--- Exercise aim ---
Output the entries underneath exactly as they are.

--- Input material ---
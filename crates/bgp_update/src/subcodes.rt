//! The Error Subcodes of an UPDATE Message Error (RFC 4271, 4.5 and 6.3).

ghost use Rattle.std.specs.Prelude.{◌≡◌, ◌↔◌, ◌⊎◌, ◌≤◌, ℕ, IsTrue, IfSome, IfNone, MatchBool};
ghost use Rattle.bgp_update.specs.ResetFaults.{IsAny};
ghost use Rattle.bgp_update.specs.Subcodes.{HasSubcode, SubcodesAreSets};

/// A set of subcodes of UPDATE Message Error.
#[derive(Clone, Copy, Debug, PartialEq, Eq)]
pub struct Subcodes {
    /// Malformed Attribute List (subcode 1).
    pub malformed_attribute_list: bool,
    /// Unrecognized Well-known Attribute (subcode 2).
    pub unrecognized_well_known: bool,
    /// Missing Well-known Attribute (subcode 3).
    pub missing_well_known: bool,
    /// Attribute Flags Error (subcode 4).
    pub attribute_flags: bool,
    /// Attribute Length Error (subcode 5).
    pub attribute_length: bool,
    /// Invalid ORIGIN Attribute (subcode 6).
    pub invalid_origin: bool,
    /// AS Routing Loop (subcode 7), which RFC 4271 deprecates.
    pub as_routing_loop: bool,
    /// Invalid NEXT_HOP Attribute (subcode 8).
    pub invalid_next_hop: bool,
    /// Optional Attribute Error (subcode 9).
    pub optional_attribute: bool,
    /// Invalid Network Field (subcode 10).
    pub invalid_network_field: bool,
    /// Malformed AS_PATH (subcode 11).
    pub malformed_as_path: bool,
}

impl Subcodes {
    /// No subcode.
    pub const NONE: Subcodes = Subcodes {
        malformed_attribute_list: false,
        unrecognized_well_known: false,
        missing_well_known: false,
        attribute_flags: false,
        attribute_length: false,
        invalid_origin: false,
        as_routing_loop: false,
        invalid_next_hop: false,
        optional_attribute: false,
        invalid_network_field: false,
        malformed_as_path: false,
    };

    /// Malformed Attribute List alone.
    pub const MALFORMED_ATTRIBUTE_LIST: Subcodes = Subcodes {
        malformed_attribute_list: true,
        ..Subcodes::NONE
    };

    /// Checks whether the subcode is in the set.
    pub fn contains(self, subcode: u8) -> bool
        ensures { IsTrue result ↔ HasSubcode self subcode }
    {
        match subcode {
            1 => self.malformed_attribute_list,
            2 => self.unrecognized_well_known,
            3 => self.missing_well_known,
            4 => self.attribute_flags,
            5 => self.attribute_length,
            6 => self.invalid_origin,
            7 => self.as_routing_loop,
            8 => self.invalid_next_hop,
            9 => self.optional_attribute,
            10 => self.invalid_network_field,
            11 => self.malformed_as_path,
            _ => false,
        }
    }

    /// Returns the least subcode of the set, or none if it is empty.
    pub fn least(self) -> Option<u8>
        ensures some { IfSome result (λ n. HasSubcode self n) }
        ensures first { IfSome result (λ n. (m : ℕ) → HasSubcode self m → n ≤ m) }
        ensures none { IfNone result ((n : ℕ) → ¬ HasSubcode self n) }
    {
        for subcode in 0..12 {
            if self.contains(subcode) {
                return Some(subcode);
            }
        }
        None
    }

    /// Checks whether no subcode is in the set.
    pub fn is_empty(self) -> bool
        ensures { MatchBool result ((n : ℕ) → ¬ HasSubcode self n) ((n : ℕ) × HasSubcode self n) }
    {
        self.least().is_none()
    }

    /// Returns the subcodes that are in one set or the other.
    pub fn union(self, other: Subcodes) -> Subcodes
        ensures { (n : ℕ) → HasSubcode result n ↔ (HasSubcode self n ⊎ HasSubcode other n) }
    {
        Subcodes {
            malformed_attribute_list: self.malformed_attribute_list
                | other.malformed_attribute_list,
            unrecognized_well_known: self.unrecognized_well_known | other.unrecognized_well_known,
            missing_well_known: self.missing_well_known | other.missing_well_known,
            attribute_flags: self.attribute_flags | other.attribute_flags,
            attribute_length: self.attribute_length | other.attribute_length,
            invalid_origin: self.invalid_origin | other.invalid_origin,
            as_routing_loop: self.as_routing_loop | other.as_routing_loop,
            invalid_next_hop: self.invalid_next_hop | other.invalid_next_hop,
            optional_attribute: self.optional_attribute | other.optional_attribute,
            invalid_network_field: self.invalid_network_field | other.invalid_network_field,
            malformed_as_path: self.malformed_as_path | other.malformed_as_path,
        }
    }

    /// Returns all subcodes if that holds, else none.
    pub(crate) fn all_if(holds: bool) -> Subcodes
        ensures { (n : ℕ) → HasSubcode result n ↔ (IsTrue holds × IsAny n) }
    {
        Subcodes {
            malformed_attribute_list: holds,
            unrecognized_well_known: holds,
            missing_well_known: holds,
            attribute_flags: holds,
            attribute_length: holds,
            invalid_origin: holds,
            as_routing_loop: holds,
            invalid_next_hop: holds,
            optional_attribute: holds,
            invalid_network_field: holds,
            malformed_as_path: holds,
        }
    }
}

/// A law, with nothing to run: two sets with the same subcodes are equal.
pub fn subcodes_are_sets()
    ensures { SubcodesAreSets }
{}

--- Response to the exercise ---
filename crates/bgp_update/src/subcodes.rt
//! The Error Subcodes of an UPDATE Message Error (RFC 4271, 4.5 and 6.3).

ghost use Rattle.std.specs.Prelude.{◌≡◌, ◌↔◌, ◌⊎◌, ◌≤◌, ℕ, IsTrue, IfSome, IfNone, MatchBool};
ghost use Rattle.bgp_update.specs.ResetFaults.{IsAny};
ghost use Rattle.bgp_update.specs.Subcodes.{HasSubcode, SubcodesAreSets};

/// A set of subcodes of UPDATE Message Error.
#[derive(Clone, Copy, Debug, PartialEq, Eq)]
pub struct Subcodes {
    /// Malformed Attribute List (subcode 1).
    pub malformed_attribute_list: bool,
    /// Unrecognized Well-known Attribute (subcode 2).
    pub unrecognized_well_known: bool,
    /// Missing Well-known Attribute (subcode 3).
    pub missing_well_known: bool,
    /// Attribute Flags Error (subcode 4).
    pub attribute_flags: bool,
    /// Attribute Length Error (subcode 5).
    pub attribute_length: bool,
    /// Invalid ORIGIN Attribute (subcode 6).
    pub invalid_origin: bool,
    /// AS Routing Loop (subcode 7), which RFC 4271 deprecates.
    pub as_routing_loop: bool,
    /// Invalid NEXT_HOP Attribute (subcode 8).
    pub invalid_next_hop: bool,
    /// Optional Attribute Error (subcode 9).
    pub optional_attribute: bool,
    /// Invalid Network Field (subcode 10).
    pub invalid_network_field: bool,
    /// Malformed AS_PATH (subcode 11).
    pub malformed_as_path: bool,
}

impl Subcodes {
    /// No subcode.
    pub const NONE: Subcodes = Subcodes {
        malformed_attribute_list: false,
        unrecognized_well_known: false,
        missing_well_known: false,
        attribute_flags: false,
        attribute_length: false,
        invalid_origin: false,
        as_routing_loop: false,
        invalid_next_hop: false,
        optional_attribute: false,
        invalid_network_field: false,
        malformed_as_path: false,
    };

    /// Malformed Attribute List alone.
    pub const MALFORMED_ATTRIBUTE_LIST: Subcodes = Subcodes {
        malformed_attribute_list: true,
        ..Subcodes::NONE
    };

    /// Checks whether the subcode is in the set.
    pub fn contains(self, subcode: u8) -> bool
        ensures { IsTrue result ↔ HasSubcode self subcode }
    {
        match subcode {
            1 => self.malformed_attribute_list,
            2 => self.unrecognized_well_known,
            3 => self.missing_well_known,
            4 => self.attribute_flags,
            5 => self.attribute_length,
            6 => self.invalid_origin,
            7 => self.as_routing_loop,
            8 => self.invalid_next_hop,
            9 => self.optional_attribute,
            10 => self.invalid_network_field,
            11 => self.malformed_as_path,
            _ => false,
        }
    }

    /// Returns the least subcode of the set, or none if it is empty.
    pub fn least(self) -> Option<u8>
        ensures some { IfSome result (λ n. HasSubcode self n) }
        ensures first { IfSome result (λ n. (m : ℕ) → HasSubcode self m → n ≤ m) }
        ensures none { IfNone result ((n : ℕ) → ¬ HasSubcode self n) }
    {
        for subcode in 0..12 {
            if self.contains(subcode) {
                return Some(subcode);
            }
        }
        None
    }

    /// Checks whether no subcode is in the set.
    pub fn is_empty(self) -> bool
        ensures { MatchBool result ((n : ℕ) → ¬ HasSubcode self n) ((n : ℕ) × HasSubcode self n) }
    {
        self.least().is_none()
    }

    /// Returns the subcodes that are in one set or the other.
    pub fn union(self, other: Subcodes) -> Subcodes
        ensures { (n : ℕ) → HasSubcode result n ↔ (HasSubcode self n ⊎ HasSubcode other n) }
    {
        Subcodes {
            malformed_attribute_list: self.malformed_attribute_list
                | other.malformed_attribute_list,
            unrecognized_well_known: self.unrecognized_well_known | other.unrecognized_well_known,
            missing_well_known: self.missing_well_known | other.missing_well_known,
            attribute_flags: self.attribute_flags | other.attribute_flags,
            attribute_length: self.attribute_length | other.attribute_length,
            invalid_origin: self.invalid_origin | other.invalid_origin,
            as_routing_loop: self.as_routing_loop | other.as_routing_loop,
            invalid_next_hop: self.invalid_next_hop | other.invalid_next_hop,
            optional_attribute: self.optional_attribute | other.optional_attribute,
            invalid_network_field: self.invalid_network_field | other.invalid_network_field,
            malformed_as_path: self.malformed_as_path | other.malformed_as_path,
        }
    }

    /// Returns all subcodes if that holds, else none.
    pub(crate) fn all_if(holds: bool) -> Subcodes
        ensures { (n : ℕ) → HasSubcode result n ↔ (IsTrue holds × IsAny n) }
    {
        Subcodes {
            malformed_attribute_list: holds,
            unrecognized_well_known: holds,
            missing_well_known: holds,
            attribute_flags: holds,
            attribute_length: holds,
            invalid_origin: holds,
            as_routing_loop: holds,
            invalid_next_hop: holds,
            optional_attribute: holds,
            invalid_network_field: holds,
            malformed_as_path: holds,
        }
    }
}

/// A law, with nothing to run: two sets with the same subcodes are equal.
pub fn subcodes_are_sets()
    ensures { SubcodesAreSets }
{}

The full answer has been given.